Only the stretch of the listing below that runs from the line with "subtract(&mut right[row +" through the line with "with a factor." is to be printed, exactly and with both ends.

#####

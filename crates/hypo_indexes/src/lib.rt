//! Indexes that exist or might: how many pages each takes, which sets of them fit a space budget, and what each write
//! costs at them.
//!
//! Sizes are in pages of 8192 bytes, upkeep in thousandths of a page read. The definitions that the contracts cite stand in `adv_base`.
//!
//! In go `adv_base`'s `Catalogue`, `IndexShape`, `Config` and `Statement`; out come numbers, and no memory is taken.
//! `Figures` has the numbers of all candidates of a setting, found once.
//!
//! ```rust
//! // One candidate, on a column of 4 bytes of a table of 1000 rows: two pages of leaves, and one above them.
//! let mut config = Config::none();
//! config.on[0] = true;
//! assert_eq!(rt; config_pages(&cat, shapes, &config), 3);
//! assert!(rt; fits(&cat, shapes, &config, 3) && !fits(&cat, shapes, &config, 2));
//! // An INSERT of one row goes down two levels: 2 * 4000 + 10.
//! assert_eq!(rt; config_upkeep(&cat, insert, shapes, &config), 8010);
//! ```
#![tactic(auto)]

mod budget;
mod figures;
mod size;
mod writes;

pub use budget::{config_pages, fits};
pub use figures::Figures;
pub use size::{index_pages, pages};
pub use writes::{config_upkeep, kept_upkeep, upkeep};
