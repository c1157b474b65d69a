//! A primal and dual interior point method for the linear relaxation of a view: Mehrotra's predictor and corrector. In each
//! round the templates, orders and links are eliminated part by part, so that a matrix with a row for each candidate is left.
//!
//! The relaxation: a part's templates and what it costs without rows have the sum 1; the offers and the base of a row have
//! the sum of the templates that need it; a link's offers are at most the share of its candidate; the shares fill the room at
//! most.

mod direction;
mod elimination;
pub(crate) mod share;
mod start;
pub(crate) mod variable;

use crate::cholesky::triangle;
use crate::interior::share::Share;
use crate::interior::variable::{NO_VARIABLE, Pass, Reach, Variable};
use crate::matrix::Matrix;
use crate::places::{Places, append, refill};
use crate::view::View;
use adv_base::NoMemory;
use std::alloc::Global;
use std::num::nearest_usize_to_f64;

/// The most numbers that the triangles of all parts, or the crossings of one, may have: a relaxation with more isn't solved.
const MOST_NUMBERS: usize = 2_097_152;
/// The part of the way to the border that a step goes.
const NEAR: f64 = 0.99;

/// What a solution of a system has, or its right side: a number for each part, row and link, and for the room.
#[derive(Drop)]
pub(crate) struct Duals {
    pub parts: Vec<f64>,
    pub rows: Vec<f64>,
    pub links: Vec<f64>,
    pub room: f64,
}

/// A point between the borders, and what the next one is found by. Costs are divided by `scale`, sizes by the room.
#[derive(Drop)]
pub(crate) struct Interior {
    pub scale: f64,
    room: f64,
    pub offers: Vec<Variable>,
    bases: Vec<Variable>,
    templates: Vec<Variable>,
    /// What each part costs without rows.
    fixed: Vec<Variable>,
    /// What each link leaves; its slack is the rent.
    pub links: Vec<Variable>,
    /// What the room leaves; its slack is the price of a page.
    pub knapsack: Variable,
    pub shares: Vec<Share>,
    /// The dual values, of which those of links and of the room stand as slacks, the right sides and the steps.
    part_values: Vec<f64>,
    row_values: Vec<f64>,
    sides: Duals,
    steps: Duals,
    /// The inverses of the diagonal of links.
    inverses: Vec<f64>,
    /// The triangle of each part, behind each other, and where each begins.
    triangles: Vec<f64>,
    starts: Vec<usize>,
    /// What a link of the part that is eliminated has in each row, and from where to where.
    crossings: Vec<f64>,
    spans: Vec<Places>,
    /// The triangle of the candidates, and a right side of it; and a right side of a part.
    master: Vec<f64>,
    solution: Vec<f64>,
    local: Vec<f64>,
    /// What the triangle of the candidates, without the room, makes of the sizes, and what the room then resists with.
    spread: Vec<f64>,
    stiffness: f64,
}

/// How many numbers the triangles of all parts and the crossings of one have at most, and how many rows and links a part.
#[derive(Clone, Copy)]
struct Most {
    triangles: usize,
    crossings: usize,
    rows: usize,
    links: usize,
}

impl Most {
    fn of(matrix: &Matrix) -> Most {
        let mut most = Most {
            triangles: 0,
            crossings: 0,
            rows: 0,
            links: 0,
        };
        for part in matrix.parts.as_slice() {
            let rows = part.rows.count().saturating_add(1);
            let links = part.links.count();
            most.triangles = most.triangles.saturating_add(triangle(rows));
            most.crossings = most.crossings.max(rows.saturating_mul(links));
            most.rows = most.rows.max(rows);
            most.links = most.links.max(links);
        }
        most
    }
}

impl Duals {
    fn new(alloc: Global, matrix: &Matrix) -> Result<Duals, NoMemory> {
        Ok(Duals {
            parts: Vec::with_capacity(alloc, matrix.parts.len())?,
            rows: Vec::with_capacity(alloc, matrix.rows.len())?,
            links: Vec::with_capacity(alloc, matrix.links.len())?,
            room: 0.0,
        })
    }

    /// Zeros for a view.
    fn reset(&mut self, view: &View) {
        refill(&mut self.parts, view.parts.len(), 0.0);
        refill(&mut self.rows, view.rows.len(), 0.0);
        refill(&mut self.links, view.links.len(), 0.0);
        self.room = 0.0;
    }
}

impl Interior {
    /// All memory that the relaxations of a matrix take. Want of memory is the one error.
    pub(crate) fn new(alloc: Global, matrix: &Matrix) -> Result<Interior, NoMemory> {
        let most = Most::of(matrix);
        Ok(Interior {
            scale: 1.0,
            room: 0.0,
            offers: Vec::with_capacity(alloc, matrix.offers.len())?,
            bases: Vec::with_capacity(alloc, matrix.rows.len())?,
            templates: Vec::with_capacity(alloc, matrix.templates.len())?,
            fixed: Vec::with_capacity(alloc, matrix.parts.len())?,
            links: Vec::with_capacity(alloc, matrix.links.len())?,
            knapsack: NO_VARIABLE,
            shares: Vec::with_capacity(alloc, 256)?,
            part_values: Vec::with_capacity(alloc, matrix.parts.len())?,
            row_values: Vec::with_capacity(alloc, matrix.rows.len())?,
            sides: Duals::new(alloc, matrix)?,
            steps: Duals::new(alloc, matrix)?,
            inverses: Vec::with_capacity(alloc, matrix.links.len())?,
            triangles: Vec::with_capacity(alloc, most.triangles.min(MOST_NUMBERS))?,
            starts: Vec::with_capacity(alloc, matrix.parts.len())?,
            crossings: Vec::with_capacity(alloc, most.crossings.min(MOST_NUMBERS))?,
            spans: Vec::with_capacity(alloc, most.links)?,
            master: Vec::with_capacity(alloc, 32_896)?,
            solution: Vec::with_capacity(alloc, 256)?,
            local: Vec::with_capacity(alloc, most.rows)?,
            spread: Vec::with_capacity(alloc, 256)?,
            stiffness: 1.0,
        })
    }

    /// Makes room for the triangles of a view, and notes where they begin; whether there is as much room.
    fn measure(&mut self, view: &View) -> bool {
        self.starts.clear();
        let mut numbers = 0usize;
        for part in view.parts.as_slice() {
            append(&mut self.starts, numbers);
            let rows = part.rows.count().saturating_add(1);
            numbers = numbers.saturating_add(triangle(rows));
            if numbers > MOST_NUMBERS || rows.saturating_mul(part.links.count()) > MOST_NUMBERS {
                return false;
            }
        }
        refill(&mut self.triangles, numbers, 0.0);
        true
    }

    /// The sum of the products of values and slacks after a part of the step.
    pub(crate) fn product(&self, part: &Reach) -> f64 {
        let mut sum = self.knapsack.product(part);
        let lists = [
            &self.offers,
            &self.bases,
            &self.templates,
            &self.fixed,
            &self.links,
        ];
        for list in lists {
            for variable in list.as_slice() {
                sum += variable.product(part);
            }
        }
        for share in self.shares.as_slice() {
            sum += share.product(part);
        }
        sum
    }

    /// How many variables there are.
    pub(crate) fn count(&self) -> f64 {
        let mut count = 1usize.saturating_add(self.shares.len().saturating_mul(2));
        for list in [
            &self.offers,
            &self.bases,
            &self.templates,
            &self.fixed,
            &self.links,
        ] {
            count = count.saturating_add(list.len());
        }
        nearest_usize_to_f64(count)
    }

    /// Goes a part of the step.
    fn go(&mut self, part: &Reach) {
        self.knapsack.go(part);
        for variable in self.offers.as_mut_slice() {
            variable.go(part);
        }
        for variable in self.bases.as_mut_slice() {
            variable.go(part);
        }
        for variable in self.templates.as_mut_slice() {
            variable.go(part);
        }
        for variable in self.fixed.as_mut_slice() {
            variable.go(part);
        }
        for variable in self.links.as_mut_slice() {
            variable.go(part);
        }
        for share in self.shares.as_mut_slice() {
            share.go(part);
        }
        for (value, step) in self
            .part_values
            .as_mut_slice()
            .iter_mut()
            .zip(self.steps.parts.as_slice())
        {
            *value += part.dual * *step;
        }
        for (value, step) in self
            .row_values
            .as_mut_slice()
            .iter_mut()
            .zip(self.steps.rows.as_slice())
        {
            *value += part.dual * *step;
        }
    }

    /// Goes to the next point, where the products are so much on the average; answers how far the steps went.
    pub(crate) fn advance(&mut self, view: &View, mean: f64) -> Reach {
        self.eliminate(view);
        let foretold = self.direct(
            view,
            &Pass {
                center: 0.0,
                is_corrector: false,
            },
        );
        let part = self.product(&foretold) / self.count() / mean;
        let cube = (part.max(0.0) * part.max(0.0) * part.max(0.0))
            .max(1e-6)
            .min(0.9);
        let center = cube * mean;
        let reach = self.direct(
            view,
            &Pass {
                center,
                is_corrector: true,
            },
        );
        let reach = Reach {
            primal: (NEAR * reach.primal).min(1.0),
            dual: (NEAR * reach.dual).min(1.0),
        };
        self.go(&reach);
        reach
    }
}
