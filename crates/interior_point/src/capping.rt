//! Cuts a view to what matters: no configuration that is cheaper than a known cost pays more in one place than what this cost
//! has over the least conceivable one; and what offers nothing then is gone.

use crate::places::{Places, at, put};
use crate::view::{NO_LOCAL, NO_NUMBER, View, ViewOffer, ViewTemplate};

/// In place of an offer that isn't there.
const NO_OFFER: ViewOffer = ViewOffer {
    price: 0.0,
    link: NO_NUMBER,
};

impl View {
    /// Cuts prices above what a configuration cheaper than a cost can pay to that.
    pub(crate) fn cut(&mut self, cost: f64) {
        let mut sum = self.constant;
        for part in self.parts.as_slice() {
            sum += self.least_of(part);
        }
        let more = (cost - sum).max(0.0) * 1.000001 + 1.0;
        for upkeep in self.upkeep.as_mut_slice() {
            *upkeep = upkeep.min(more);
        }
        for place in 0..self.parts.len() {
            self.cut_part(place, more);
        }
        for place in 0..self.rows.len() {
            self.cut_row(place, more);
        }
    }

    /// Cuts the templates of a part and what it costs without rows.
    fn cut_part(&mut self, place: usize, more: f64) {
        if place >= self.parts.len() {
            return;
        }
        let part = self.parts[place];
        let most = self.least_of(&part) + more;
        for place in part.templates.from..part.templates.to.min(self.templates.len()) {
            let template: ViewTemplate = self.templates[place];
            let excess = self.least_cost(&template) - most;
            if excess > 0.0 {
                self.templates[place].cost = template.cost - excess;
            }
        }
        self.parts[place].fixed = part.fixed.min(most);
    }

    /// Cuts the base of a row, and drops the offers that aren't below it, but for the first.
    fn cut_row(&mut self, place: usize, more: f64) {
        let most = self.least_price(place) + more;
        if place >= self.rows.len() || self.rows[place].base <= most {
            return;
        }
        let offers = self.rows[place].offers;
        let mut kept = 1usize;
        for offer in offers.of(self.offers.as_slice()).iter().skip(1) {
            if offer.price >= most {
                break;
            }
            kept = kept.saturating_add(1);
        }
        self.rows[place].base = most;
        self.rows[place].offers.to = offers.to.min(offers.from.saturating_add(kept));
    }

    /// Takes out the offers that no row has any more, and then the links and the candidates without an offer.
    pub(crate) fn compact(&mut self) {
        self.compact_offers();
        let renumbered = self.renumbered();
        self.compact_candidates(&renumbered);
        self.compact_links(&renumbered);
    }

    /// Moves the offers together, and marks their links.
    fn compact_offers(&mut self) {
        self.numbers.as_mut_slice().fill(NO_NUMBER);
        let mut next = 0usize;
        for place in 0..self.rows.len() {
            let offers = self.rows[place].offers;
            let from = next;
            for old in offers.from..offers.to {
                let offer = at(self.offers.as_slice(), old, NO_OFFER);
                put(self.offers.as_mut_slice(), next, offer);
                put(self.numbers.as_mut_slice(), offer.link as usize, 0);
                next = next.saturating_add(1);
            }
            self.rows[place].offers = Places { from, to: next };
        }
        self.offers.truncate(next);
    }

    /// The new number of each candidate of the view, where it has a link that is marked.
    fn renumbered(&self) -> [u16; 256] {
        let mut used = [false; 256];
        for (owner, mark) in self.owners.as_slice().iter().zip(self.numbers.as_slice()) {
            if *mark != NO_NUMBER {
                used[(*owner & 255) as usize] = true;
            }
        }
        let mut renumbered = [NO_LOCAL; 256];
        let mut next = 0u16;
        for old in 0..256 {
            if used[old] {
                renumbered[old] = next;
                next = next.saturating_add(1);
            }
        }
        renumbered
    }

    /// Moves the candidates that have a new number together.
    fn compact_candidates(&mut self, renumbered: &[u16; 256]) {
        let mut next = 0usize;
        for old in 0..self.candidates.len().min(256) {
            let candidate = self.candidates[old];
            self.local[candidate as usize] = renumbered[old];
            if renumbered[old] != NO_LOCAL {
                put(self.candidates.as_mut_slice(), next, candidate);
                let size = at(self.sizes.as_slice(), old, 0.0);
                put(self.sizes.as_mut_slice(), next, size);
                let upkeep = at(self.upkeep.as_slice(), old, 0.0);
                put(self.upkeep.as_mut_slice(), next, upkeep);
                next = next.saturating_add(1);
            }
        }
        self.candidates.truncate(next);
        self.sizes.truncate(next);
        self.upkeep.truncate(next);
    }

    /// Moves the links that are marked together, and renumbers those of the offers.
    fn compact_links(&mut self, renumbered: &[u16; 256]) {
        let mut next = 0usize;
        for place in 0..self.parts.len() {
            let links = self.parts[place].links;
            let from = next;
            for old in links.from..links.to {
                if at(self.numbers.as_slice(), old, NO_NUMBER) != NO_NUMBER {
                    put(
                        self.numbers.as_mut_slice(),
                        old,
                        (next & 0x7fff_ffff) as u32,
                    );
                    let link = at(self.links.as_slice(), old, 0);
                    put(self.links.as_mut_slice(), next, link);
                    let owner = at(self.owners.as_slice(), old, 0);
                    let owner = renumbered[(owner & 255) as usize];
                    put(self.owners.as_mut_slice(), next, owner);
                    next = next.saturating_add(1);
                }
            }
            self.parts[place].links = Places { from, to: next };
        }
        self.links.truncate(next);
        self.owners.truncate(next);
        for offer in self.offers.as_mut_slice() {
            offer.link = at(self.numbers.as_slice(), offer.link as usize, NO_NUMBER);
        }
    }
}
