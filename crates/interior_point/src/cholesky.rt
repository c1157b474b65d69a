//! Cholesky factors of symmetric matrices. A matrix is given by its upper triangle, row behind row, without gaps; a factor is
//! an upper triangle whose transpose times itself is the matrix.

use crate::places::{Places, at};

/// A pivot that isn't above this is none, and the other stands in its place: its part of a solution is 0 then.
const LEAST_PIVOT: f64 = 1e-300;

const NO_PIVOT: f64 = 1e150;

/// How many numbers a triangle of so many rows has.
pub(crate) fn triangle(rows: usize) -> usize {
    rows.saturating_mul(rows.saturating_add(1)) / 2
}

/// The place in a triangle of so many rows of the number that two rows have in common.
pub(crate) fn entry(rows: usize, one: usize, other: usize) -> usize {
    let row = one.min(other);
    let before = rows.wrapping_mul(2).wrapping_sub(row).wrapping_add(1);
    let start = row.wrapping_mul(before) / 2;
    start.wrapping_add(one.max(other).wrapping_sub(row))
}

/// What stands from a place on.
fn tail(list: &[f64], from: usize) -> &[f64] {
    &list[from.min(list.len())..]
}

/// The sum of products, in eight parts.
pub(crate) fn dot(one: &[f64], other: &[f64]) -> f64 {
    let count = one.len().min(other.len());
    let whole = count - count % 8;
    let mut sums = [0.0; 8];
    for (left, right) in one[..whole]
        .chunks_exact(8)
        .zip(other[..whole].chunks_exact(8))
    {
        if left.len() == 8 && right.len() == 8 {
            for k in 0..8 {
                sums[k] += left[k] * right[k];
            }
        }
    }
    let mut rest = 0.0;
    for (left, right) in one[whole..count].iter().zip(&other[whole..count]) {
        rest += *left * *right;
    }
    rest + ((sums[0] + sums[4]) + (sums[1] + sums[5])) + ((sums[2] + sums[6]) + (sums[3] + sums[7]))
}

/// Subtracts a row from another so many times.
fn subtract(row: &mut [f64], line: &[f64], times: f64) {
    if times == 0.0 {
        return;
    }
    let count = row.len().min(line.len());
    let line = &line[..count];
    for i in 0..count {
        row[i] -= times * line[i];
    }
}

/// Subtracts from a row what four rows of the factor, from its column on, have in it.
fn subtract_four(row: &mut [f64], a: &[f64], b: &[f64], c: &[f64], d: &[f64]) {
    let count = row
        .len()
        .min(a.len())
        .min(b.len())
        .min(c.len())
        .min(d.len());
    if count == 0 {
        return;
    }
    let (a, b, c, d) = (&a[..count], &b[..count], &c[..count], &d[..count]);
    let (p, q, r, s) = (a[0], b[0], c[0], d[0]);
    if p == 0.0 && q == 0.0 && r == 0.0 && s == 0.0 {
        return;
    }
    for i in 0..count {
        row[i] -= (p * a[i] + q * b[i]) + (r * c[i] + s * d[i]);
    }
}

/// Subtracts from a row what a row of the factor has in it, of which the row's column stands at a place.
fn subtract_line(row: &mut [f64], line: &[f64], place: usize) {
    subtract(row, tail(line, place), at(line, place, 0.0));
}

/// Makes a row that nothing is to be subtracted from a row of the factor.
fn finish(row: &mut [f64]) {
    if row.len() == 0 {
        return;
    }
    let pivot = row[0];
    let root = if pivot > LEAST_PIVOT {
        pivot.sqrt()
    } else {
        NO_PIVOT
    };
    let inverse = 1.0 / root;
    for i in 0..row.len() {
        row[i] *= inverse;
    }
    row[0] = root;
}

/// How much of a row stands before the zeros that it ends with.
fn extent(row: &[f64]) -> usize {
    let mut extent = 0;
    for (place, number) in row.iter().enumerate() {
        if *number != 0.0 {
            extent = place.wrapping_add(1);
        }
    }
    extent
}

/// The front of a row, so many numbers less some.
fn front(row: &[f64], count: usize, less: usize) -> &[f64] {
    &row[..count.saturating_sub(less).min(row.len())]
}

/// How far four rows of a factor reach, each of which begins one column behind the one before.
fn reach_of(a: &[f64], b: &[f64], c: &[f64], d: &[f64]) -> usize {
    let one = extent(a).max(extent(b).saturating_add(1));
    let other = extent(c).saturating_add(2).max(extent(d).saturating_add(3));
    one.max(other)
}

/// Makes the first four of so many rows rows of the factor, and subtracts them from the others.
fn factor_four(rows: &mut [f64], count: usize) {
    if count < 4 || rows.len() < count.saturating_mul(4).saturating_sub(6) {
        return;
    }
    let (a, rest) = rows.split_at_mut(count);
    let (b, rest) = rest.split_at_mut(count - 1);
    let (c, rest) = rest.split_at_mut(count - 2);
    let (d, rest) = rest.split_at_mut(count - 3);
    finish(a);
    subtract_line(b, a, 1);
    finish(b);
    subtract_line(c, a, 2);
    subtract_line(c, b, 1);
    finish(c);
    subtract_line(d, a, 3);
    subtract_line(d, b, 2);
    subtract_line(d, c, 1);
    finish(d);
    let reach = reach_of(a, b, c, d);
    let (a, b, c, d) = (
        front(a, reach, 0),
        front(b, reach, 1),
        front(c, reach, 2),
        front(d, reach, 3),
    );
    let mut start = 0usize;
    for skip in 1..count - 3 {
        let to = start.saturating_add(count - 3 - skip);
        let row = Places { from: start, to }.of_mut(rest);
        subtract_four(
            row,
            tail(a, skip + 3),
            tail(b, skip + 2),
            tail(c, skip + 1),
            tail(d, skip),
        );
        start = to;
    }
}

/// Makes the first of so many rows a row of the factor, and subtracts it from the others.
fn factor_one(rows: &mut [f64], count: usize) {
    if rows.len() < count {
        return;
    }
    let (line, rest) = rows.split_at_mut(count);
    finish(line);
    let mut start = 0usize;
    for skip in 1..count {
        let to = start.saturating_add(count - skip);
        subtract_line(Places { from: start, to }.of_mut(rest), line, skip);
        start = to;
    }
}

/// Factors a matrix of so many rows in its place, four rows at a time.
pub(crate) fn factor(matrix: &mut [f64], rows: usize) {
    let mut start = 0usize;
    let mut count = rows;
    for _four in 0..rows / 4 {
        let to = start.saturating_add(triangle(count));
        factor_four(Places { from: start, to }.of_mut(matrix), count);
        start = start.saturating_add(count.saturating_mul(4).saturating_sub(6));
        count = count.saturating_sub(4);
    }
    for _one in 0..rows % 4 {
        let to = start.saturating_add(triangle(count));
        factor_one(Places { from: start, to }.of_mut(matrix), count);
        start = start.saturating_add(count);
        count = count.saturating_sub(1);
    }
}

/// Solves with the transpose of a factor, from a row on, before which the right side is 0.
pub(crate) fn solve_transposed(factor: &[f64], from: usize, right: &mut [f64]) {
    let rows = right.len();
    let mut start = entry(rows, from, from);
    for row in from..rows {
        let to = start.saturating_add(rows - row);
        let line = Places { from: start, to }.of(factor);
        if line.len() == 0 {
            return;
        }
        let value = right[row] / line[0];
        right[row] = value;
        subtract(&mut right[row + 1..], &line[1..], value);
        start = to;
    }
}

/// Solves what a row of a factor says of its place, once those behind it are solved.
fn solve_row(line: &[f64], row: usize, right: &mut [f64]) {
    if line.len() > 0 && row < right.len() {
        let less = dot(&line[1..], &right[row + 1..]);
        right[row] = (right[row] - less) / line[0];
    }
}

/// Solves with a factor.
pub(crate) fn solve(factor: &[f64], right: &mut [f64]) {
    let rows = right.len();
    for row in (0..rows).rev() {
        let start = entry(rows, row, row);
        let to = start.saturating_add(rows - row);
        solve_row(Places { from: start, to }.of(factor), row, right);
    }
}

#####

EXPECTED OUTPUT:
        subtract(&mut right[row + 1..], &line[1..], value);
        start = to;
    }
}

/// Solves what a row of a factor says of its place, once those behind it are solved.
fn solve_row(line: &[f64], row: usize, right: &mut [f64]) {
    if line.len() > 0 && row < right.len() {
        let less = dot(&line[1..], &right[row + 1..]);
        right[row] = (right[row] - less) / line[0];
    }
}

/// Solves with a factor.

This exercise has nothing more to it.